> **Task directions**
Within the records below, find each line with the word "EventLines" and copy it out.

━━━ Exercise data

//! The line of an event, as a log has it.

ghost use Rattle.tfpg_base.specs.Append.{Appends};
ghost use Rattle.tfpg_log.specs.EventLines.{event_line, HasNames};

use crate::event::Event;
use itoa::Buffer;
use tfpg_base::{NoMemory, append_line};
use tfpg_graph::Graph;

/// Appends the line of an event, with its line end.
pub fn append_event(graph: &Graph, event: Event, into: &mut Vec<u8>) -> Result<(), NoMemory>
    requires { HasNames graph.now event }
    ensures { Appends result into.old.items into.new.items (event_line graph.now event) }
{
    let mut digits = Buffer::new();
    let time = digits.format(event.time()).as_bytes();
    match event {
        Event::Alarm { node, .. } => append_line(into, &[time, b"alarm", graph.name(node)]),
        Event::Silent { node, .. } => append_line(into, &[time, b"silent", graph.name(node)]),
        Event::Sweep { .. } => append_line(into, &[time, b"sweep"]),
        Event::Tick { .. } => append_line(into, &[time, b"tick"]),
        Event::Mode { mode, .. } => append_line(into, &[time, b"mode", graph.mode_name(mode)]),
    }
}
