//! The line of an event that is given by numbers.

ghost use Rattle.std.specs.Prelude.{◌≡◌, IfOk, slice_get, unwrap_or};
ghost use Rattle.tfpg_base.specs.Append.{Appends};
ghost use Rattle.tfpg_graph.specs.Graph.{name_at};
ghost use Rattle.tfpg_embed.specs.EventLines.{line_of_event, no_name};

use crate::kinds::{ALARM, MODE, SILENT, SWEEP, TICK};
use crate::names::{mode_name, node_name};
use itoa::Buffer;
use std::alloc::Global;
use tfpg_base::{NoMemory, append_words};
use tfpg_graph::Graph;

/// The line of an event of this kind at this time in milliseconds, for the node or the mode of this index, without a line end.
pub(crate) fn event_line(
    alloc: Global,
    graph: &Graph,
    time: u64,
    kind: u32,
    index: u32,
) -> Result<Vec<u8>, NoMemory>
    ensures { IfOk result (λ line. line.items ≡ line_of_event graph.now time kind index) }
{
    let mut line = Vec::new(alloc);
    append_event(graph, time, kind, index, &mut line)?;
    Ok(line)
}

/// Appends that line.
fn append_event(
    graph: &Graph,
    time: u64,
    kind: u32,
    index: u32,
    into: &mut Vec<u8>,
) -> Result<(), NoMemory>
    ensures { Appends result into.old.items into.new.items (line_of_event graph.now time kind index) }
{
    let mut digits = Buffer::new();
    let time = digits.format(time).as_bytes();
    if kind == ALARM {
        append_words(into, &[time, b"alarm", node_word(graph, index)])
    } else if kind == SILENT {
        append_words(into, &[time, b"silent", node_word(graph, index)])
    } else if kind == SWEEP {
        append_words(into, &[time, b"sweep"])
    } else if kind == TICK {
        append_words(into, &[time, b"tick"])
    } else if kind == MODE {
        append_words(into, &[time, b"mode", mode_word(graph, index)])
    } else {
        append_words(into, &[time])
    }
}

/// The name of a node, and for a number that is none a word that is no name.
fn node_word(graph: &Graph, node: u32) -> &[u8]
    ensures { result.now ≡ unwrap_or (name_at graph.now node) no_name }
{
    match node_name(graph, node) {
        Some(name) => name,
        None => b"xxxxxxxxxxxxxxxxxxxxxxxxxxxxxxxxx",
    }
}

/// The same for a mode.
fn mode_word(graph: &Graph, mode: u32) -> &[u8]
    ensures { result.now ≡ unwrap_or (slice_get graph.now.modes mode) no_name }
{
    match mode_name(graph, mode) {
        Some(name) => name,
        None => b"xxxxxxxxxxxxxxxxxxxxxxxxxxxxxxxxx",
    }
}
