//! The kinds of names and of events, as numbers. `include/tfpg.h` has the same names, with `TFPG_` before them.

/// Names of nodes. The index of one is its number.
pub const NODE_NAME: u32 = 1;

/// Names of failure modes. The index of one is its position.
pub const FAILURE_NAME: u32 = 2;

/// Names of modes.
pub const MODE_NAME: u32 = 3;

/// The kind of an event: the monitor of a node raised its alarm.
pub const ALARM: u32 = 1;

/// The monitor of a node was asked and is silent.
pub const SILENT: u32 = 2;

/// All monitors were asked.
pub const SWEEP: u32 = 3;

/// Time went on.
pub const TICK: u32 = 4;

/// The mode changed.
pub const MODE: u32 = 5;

━━━━━━

> **Result of this exercise**
ghost use Rattle.tfpg_log.specs.EventLines.{event_line, HasNames};
ghost use Rattle.tfpg_embed.specs.EventLines.{line_of_event, no_name};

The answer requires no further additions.